* About this exercise *
Word for word, set down every line of the entries below from the line with "last one. The" to the line with "let start = best.paired.clone()?;", including both, and no other line.

* Records to process *

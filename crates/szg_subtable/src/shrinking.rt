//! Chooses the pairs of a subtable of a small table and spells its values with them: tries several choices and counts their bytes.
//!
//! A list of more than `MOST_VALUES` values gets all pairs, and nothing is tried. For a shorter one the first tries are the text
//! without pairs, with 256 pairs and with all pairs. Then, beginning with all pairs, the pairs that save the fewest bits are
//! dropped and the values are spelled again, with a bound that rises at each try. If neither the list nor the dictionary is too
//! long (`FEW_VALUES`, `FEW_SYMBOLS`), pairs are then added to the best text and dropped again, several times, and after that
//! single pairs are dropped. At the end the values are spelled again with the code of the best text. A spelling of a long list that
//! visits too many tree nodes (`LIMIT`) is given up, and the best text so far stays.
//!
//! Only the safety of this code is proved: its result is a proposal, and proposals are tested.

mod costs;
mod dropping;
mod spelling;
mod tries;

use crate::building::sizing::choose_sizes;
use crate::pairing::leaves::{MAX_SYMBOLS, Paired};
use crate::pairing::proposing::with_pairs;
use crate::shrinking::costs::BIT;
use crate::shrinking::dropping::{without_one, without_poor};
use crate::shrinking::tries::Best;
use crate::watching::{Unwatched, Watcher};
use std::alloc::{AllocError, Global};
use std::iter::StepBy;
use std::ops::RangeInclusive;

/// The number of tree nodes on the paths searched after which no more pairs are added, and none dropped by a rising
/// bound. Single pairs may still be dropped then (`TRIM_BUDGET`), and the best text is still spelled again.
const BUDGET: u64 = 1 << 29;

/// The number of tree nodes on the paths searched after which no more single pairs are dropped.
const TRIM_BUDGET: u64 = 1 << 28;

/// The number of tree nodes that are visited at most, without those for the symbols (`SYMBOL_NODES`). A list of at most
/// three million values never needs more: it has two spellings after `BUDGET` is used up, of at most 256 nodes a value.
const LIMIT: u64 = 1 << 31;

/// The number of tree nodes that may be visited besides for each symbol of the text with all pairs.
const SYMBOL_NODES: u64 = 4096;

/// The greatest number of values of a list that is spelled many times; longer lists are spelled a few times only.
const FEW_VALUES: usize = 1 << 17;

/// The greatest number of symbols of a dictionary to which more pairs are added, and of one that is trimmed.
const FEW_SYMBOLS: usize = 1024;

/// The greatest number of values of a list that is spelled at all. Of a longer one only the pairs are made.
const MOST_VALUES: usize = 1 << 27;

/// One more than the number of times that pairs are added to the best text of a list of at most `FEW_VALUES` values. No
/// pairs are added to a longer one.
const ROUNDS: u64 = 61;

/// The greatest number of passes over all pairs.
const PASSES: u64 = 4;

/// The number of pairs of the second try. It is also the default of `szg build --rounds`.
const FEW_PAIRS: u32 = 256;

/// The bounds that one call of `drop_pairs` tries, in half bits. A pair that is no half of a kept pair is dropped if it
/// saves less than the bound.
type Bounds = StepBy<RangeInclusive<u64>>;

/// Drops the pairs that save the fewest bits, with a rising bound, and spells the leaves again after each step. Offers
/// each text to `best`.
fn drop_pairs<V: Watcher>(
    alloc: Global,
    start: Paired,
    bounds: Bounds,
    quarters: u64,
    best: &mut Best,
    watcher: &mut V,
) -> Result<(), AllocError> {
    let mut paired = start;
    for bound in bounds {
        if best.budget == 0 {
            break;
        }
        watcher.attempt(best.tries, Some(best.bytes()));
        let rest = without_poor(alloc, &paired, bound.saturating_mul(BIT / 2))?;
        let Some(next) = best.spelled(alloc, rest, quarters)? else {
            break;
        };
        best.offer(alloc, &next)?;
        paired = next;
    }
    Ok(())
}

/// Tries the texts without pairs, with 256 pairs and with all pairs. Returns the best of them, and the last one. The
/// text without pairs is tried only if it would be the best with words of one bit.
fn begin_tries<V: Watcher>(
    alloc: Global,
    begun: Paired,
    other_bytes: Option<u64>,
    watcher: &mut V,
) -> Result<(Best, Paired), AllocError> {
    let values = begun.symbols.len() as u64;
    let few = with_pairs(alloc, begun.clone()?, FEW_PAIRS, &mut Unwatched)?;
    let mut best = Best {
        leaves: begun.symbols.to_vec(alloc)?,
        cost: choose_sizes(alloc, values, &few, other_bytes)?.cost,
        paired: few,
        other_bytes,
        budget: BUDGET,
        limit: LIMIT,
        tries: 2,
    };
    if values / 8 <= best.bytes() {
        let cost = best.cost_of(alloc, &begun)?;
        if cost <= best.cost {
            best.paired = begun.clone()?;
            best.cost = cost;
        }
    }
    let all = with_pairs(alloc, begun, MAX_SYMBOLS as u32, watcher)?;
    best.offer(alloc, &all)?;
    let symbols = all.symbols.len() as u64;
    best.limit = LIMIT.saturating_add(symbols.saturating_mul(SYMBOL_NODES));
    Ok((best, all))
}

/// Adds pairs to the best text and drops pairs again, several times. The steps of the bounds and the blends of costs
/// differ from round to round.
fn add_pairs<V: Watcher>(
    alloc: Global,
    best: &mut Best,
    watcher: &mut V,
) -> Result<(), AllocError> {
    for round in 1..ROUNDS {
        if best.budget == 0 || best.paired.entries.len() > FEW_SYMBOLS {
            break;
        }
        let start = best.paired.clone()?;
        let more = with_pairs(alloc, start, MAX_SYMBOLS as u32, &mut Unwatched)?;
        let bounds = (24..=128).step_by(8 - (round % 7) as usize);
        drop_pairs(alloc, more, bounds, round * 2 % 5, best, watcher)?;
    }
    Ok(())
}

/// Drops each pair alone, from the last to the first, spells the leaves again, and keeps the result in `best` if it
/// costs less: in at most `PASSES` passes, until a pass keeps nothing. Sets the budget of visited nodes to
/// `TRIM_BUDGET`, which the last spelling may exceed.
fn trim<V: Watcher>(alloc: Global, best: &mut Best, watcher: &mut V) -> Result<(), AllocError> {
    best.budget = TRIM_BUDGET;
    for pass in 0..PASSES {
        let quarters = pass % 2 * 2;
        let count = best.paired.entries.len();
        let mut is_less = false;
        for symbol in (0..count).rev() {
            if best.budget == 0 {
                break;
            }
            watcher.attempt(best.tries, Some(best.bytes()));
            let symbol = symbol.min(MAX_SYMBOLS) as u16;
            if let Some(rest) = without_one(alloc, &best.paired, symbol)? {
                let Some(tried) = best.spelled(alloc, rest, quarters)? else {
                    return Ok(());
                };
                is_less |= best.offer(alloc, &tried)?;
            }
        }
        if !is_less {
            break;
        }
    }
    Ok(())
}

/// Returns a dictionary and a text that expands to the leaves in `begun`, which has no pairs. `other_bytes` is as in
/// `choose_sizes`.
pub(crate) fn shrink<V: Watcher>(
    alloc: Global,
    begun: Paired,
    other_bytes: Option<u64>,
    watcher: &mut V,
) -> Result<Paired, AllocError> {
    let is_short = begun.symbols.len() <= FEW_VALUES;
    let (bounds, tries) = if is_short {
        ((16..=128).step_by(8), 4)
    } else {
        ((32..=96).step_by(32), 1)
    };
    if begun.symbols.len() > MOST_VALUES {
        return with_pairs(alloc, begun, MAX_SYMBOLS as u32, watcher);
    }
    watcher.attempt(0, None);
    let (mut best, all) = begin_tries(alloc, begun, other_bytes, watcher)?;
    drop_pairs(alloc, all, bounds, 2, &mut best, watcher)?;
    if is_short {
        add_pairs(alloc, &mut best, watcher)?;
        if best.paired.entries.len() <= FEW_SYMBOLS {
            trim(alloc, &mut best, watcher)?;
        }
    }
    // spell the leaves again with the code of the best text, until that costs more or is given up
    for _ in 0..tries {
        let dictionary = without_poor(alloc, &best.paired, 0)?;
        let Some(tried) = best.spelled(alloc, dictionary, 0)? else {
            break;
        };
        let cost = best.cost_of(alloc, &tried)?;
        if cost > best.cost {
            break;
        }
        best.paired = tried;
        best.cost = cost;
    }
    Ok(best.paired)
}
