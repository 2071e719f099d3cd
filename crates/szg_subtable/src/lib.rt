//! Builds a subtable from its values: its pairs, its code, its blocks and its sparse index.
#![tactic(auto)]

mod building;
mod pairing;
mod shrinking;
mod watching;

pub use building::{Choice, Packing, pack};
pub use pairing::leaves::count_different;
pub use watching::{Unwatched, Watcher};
...
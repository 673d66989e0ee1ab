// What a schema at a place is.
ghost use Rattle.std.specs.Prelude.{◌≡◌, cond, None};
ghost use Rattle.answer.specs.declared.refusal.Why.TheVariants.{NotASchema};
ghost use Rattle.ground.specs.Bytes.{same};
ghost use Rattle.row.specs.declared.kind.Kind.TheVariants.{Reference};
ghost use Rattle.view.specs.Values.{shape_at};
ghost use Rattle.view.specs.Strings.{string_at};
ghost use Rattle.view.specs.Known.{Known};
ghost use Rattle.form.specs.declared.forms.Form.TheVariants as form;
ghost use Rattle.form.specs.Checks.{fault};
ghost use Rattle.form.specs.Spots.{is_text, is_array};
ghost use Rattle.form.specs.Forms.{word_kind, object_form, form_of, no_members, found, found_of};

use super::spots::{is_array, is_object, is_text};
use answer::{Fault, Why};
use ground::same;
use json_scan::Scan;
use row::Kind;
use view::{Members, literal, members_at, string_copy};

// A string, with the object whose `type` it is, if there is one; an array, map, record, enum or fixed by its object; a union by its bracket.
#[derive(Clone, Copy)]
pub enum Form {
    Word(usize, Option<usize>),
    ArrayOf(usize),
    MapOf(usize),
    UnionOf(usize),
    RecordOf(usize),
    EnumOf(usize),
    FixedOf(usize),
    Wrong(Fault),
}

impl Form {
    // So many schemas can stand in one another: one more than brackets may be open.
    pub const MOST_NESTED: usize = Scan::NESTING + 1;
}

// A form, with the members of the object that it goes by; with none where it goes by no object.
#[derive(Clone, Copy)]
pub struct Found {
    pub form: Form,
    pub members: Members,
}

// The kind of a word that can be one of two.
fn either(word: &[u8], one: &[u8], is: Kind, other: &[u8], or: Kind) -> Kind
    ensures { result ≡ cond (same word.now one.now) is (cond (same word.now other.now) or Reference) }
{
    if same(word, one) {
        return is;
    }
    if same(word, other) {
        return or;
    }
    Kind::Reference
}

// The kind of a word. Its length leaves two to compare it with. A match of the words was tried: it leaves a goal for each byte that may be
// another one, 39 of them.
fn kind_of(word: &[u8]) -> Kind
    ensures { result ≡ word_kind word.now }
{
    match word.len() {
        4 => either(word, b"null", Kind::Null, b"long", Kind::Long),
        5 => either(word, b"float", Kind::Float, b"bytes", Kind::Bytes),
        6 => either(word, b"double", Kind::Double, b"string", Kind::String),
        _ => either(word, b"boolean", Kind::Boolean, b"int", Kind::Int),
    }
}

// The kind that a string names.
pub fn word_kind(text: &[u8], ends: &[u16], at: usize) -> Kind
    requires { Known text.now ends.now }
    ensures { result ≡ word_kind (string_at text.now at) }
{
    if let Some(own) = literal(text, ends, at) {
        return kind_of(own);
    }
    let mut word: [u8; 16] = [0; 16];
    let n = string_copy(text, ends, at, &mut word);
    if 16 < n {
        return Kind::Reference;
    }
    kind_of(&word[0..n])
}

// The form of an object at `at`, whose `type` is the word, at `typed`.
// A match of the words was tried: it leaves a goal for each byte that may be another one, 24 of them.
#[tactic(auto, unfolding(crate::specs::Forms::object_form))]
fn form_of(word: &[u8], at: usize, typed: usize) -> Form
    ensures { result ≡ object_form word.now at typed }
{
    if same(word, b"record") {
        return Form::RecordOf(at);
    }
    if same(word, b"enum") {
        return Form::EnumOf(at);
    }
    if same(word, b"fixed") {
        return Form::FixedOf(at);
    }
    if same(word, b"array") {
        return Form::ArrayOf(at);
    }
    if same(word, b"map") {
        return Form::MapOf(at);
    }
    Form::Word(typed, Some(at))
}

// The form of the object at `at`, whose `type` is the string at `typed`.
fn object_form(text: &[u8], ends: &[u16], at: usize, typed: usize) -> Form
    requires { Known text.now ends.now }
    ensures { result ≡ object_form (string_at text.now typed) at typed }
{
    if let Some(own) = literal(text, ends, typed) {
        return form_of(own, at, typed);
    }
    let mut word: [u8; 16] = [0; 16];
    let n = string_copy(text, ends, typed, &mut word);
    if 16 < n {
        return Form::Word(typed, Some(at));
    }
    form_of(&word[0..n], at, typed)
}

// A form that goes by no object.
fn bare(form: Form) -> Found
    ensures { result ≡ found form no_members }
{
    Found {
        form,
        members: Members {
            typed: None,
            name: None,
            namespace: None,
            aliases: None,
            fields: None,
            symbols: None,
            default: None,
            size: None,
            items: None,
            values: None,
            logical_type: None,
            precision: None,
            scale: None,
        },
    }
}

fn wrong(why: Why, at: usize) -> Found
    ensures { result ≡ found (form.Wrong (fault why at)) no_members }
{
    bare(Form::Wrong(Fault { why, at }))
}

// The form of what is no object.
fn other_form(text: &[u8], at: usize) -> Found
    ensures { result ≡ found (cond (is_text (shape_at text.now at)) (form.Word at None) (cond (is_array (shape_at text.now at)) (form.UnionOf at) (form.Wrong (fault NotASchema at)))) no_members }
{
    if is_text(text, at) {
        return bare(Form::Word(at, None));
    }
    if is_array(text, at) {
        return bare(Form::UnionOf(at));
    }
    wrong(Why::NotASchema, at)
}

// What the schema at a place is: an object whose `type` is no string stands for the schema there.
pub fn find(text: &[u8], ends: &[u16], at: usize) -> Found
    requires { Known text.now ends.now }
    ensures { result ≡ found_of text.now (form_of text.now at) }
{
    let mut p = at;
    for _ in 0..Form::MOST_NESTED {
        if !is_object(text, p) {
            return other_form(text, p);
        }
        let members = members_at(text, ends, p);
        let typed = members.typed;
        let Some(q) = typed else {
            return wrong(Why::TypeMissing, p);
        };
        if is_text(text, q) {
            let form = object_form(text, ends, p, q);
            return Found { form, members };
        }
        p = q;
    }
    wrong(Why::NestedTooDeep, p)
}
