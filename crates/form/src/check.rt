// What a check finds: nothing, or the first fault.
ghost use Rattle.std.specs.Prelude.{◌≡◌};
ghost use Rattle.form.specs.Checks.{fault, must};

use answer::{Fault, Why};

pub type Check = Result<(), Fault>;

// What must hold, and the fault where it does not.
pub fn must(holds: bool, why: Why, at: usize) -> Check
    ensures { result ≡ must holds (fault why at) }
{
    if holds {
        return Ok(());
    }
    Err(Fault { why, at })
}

* Solution to this problem *
/// Tries the texts without pairs, with 256 pairs and with all pairs. Returns the best of them, and the last one. The
/// text without pairs is tried only if it would be the best with words of one bit.
fn begin_tries<V: Watcher>(
    alloc: Global,
    begun: Paired,
    other_bytes: Option<u64>,
    watcher: &mut V,
) -> Result<(Best, Paired), AllocError> {
    let values = begun.symbols.len() as u64;
    let few = with_pairs(alloc, begun.clone()?, FEW_PAIRS, &mut Unwatched)?;
    let mut best = Best {
        leaves: begun.symbols.to_vec(alloc)?,
        cost: choose_sizes(alloc, values, &few, other_bytes)?.cost,
        paired: few,
        other_bytes,
        budget: BUDGET,
        limit: LIMIT,
        tries: 2,
    };
    if values / 8 <= best.bytes() {
        let cost = best.cost_of(alloc, &begun)?;
        if cost <= best.cost {
            best.paired = begun.clone()?;
            best.cost = cost;
        }
    }
    let all = with_pairs(alloc, begun, MAX_SYMBOLS as u32, watcher)?;
    best.offer(alloc, &all)?;
    let symbols = all.symbols.len() as u64;
    best.limit = LIMIT.saturating_add(symbols.saturating_mul(SYMBOL_NODES));
    Ok((best, all))
}

/// Adds pairs to the best text and drops pairs again, several times. The steps of the bounds and the blends of costs
/// differ from round to round.
fn add_pairs<V: Watcher>(
    alloc: Global,
    best: &mut Best,
    watcher: &mut V,
) -> Result<(), AllocError> {
    for round in 1..ROUNDS {
        if best.budget == 0 || best.paired.entries.len() > FEW_SYMBOLS {
            break;
        }
        let start = best.paired.clone()?;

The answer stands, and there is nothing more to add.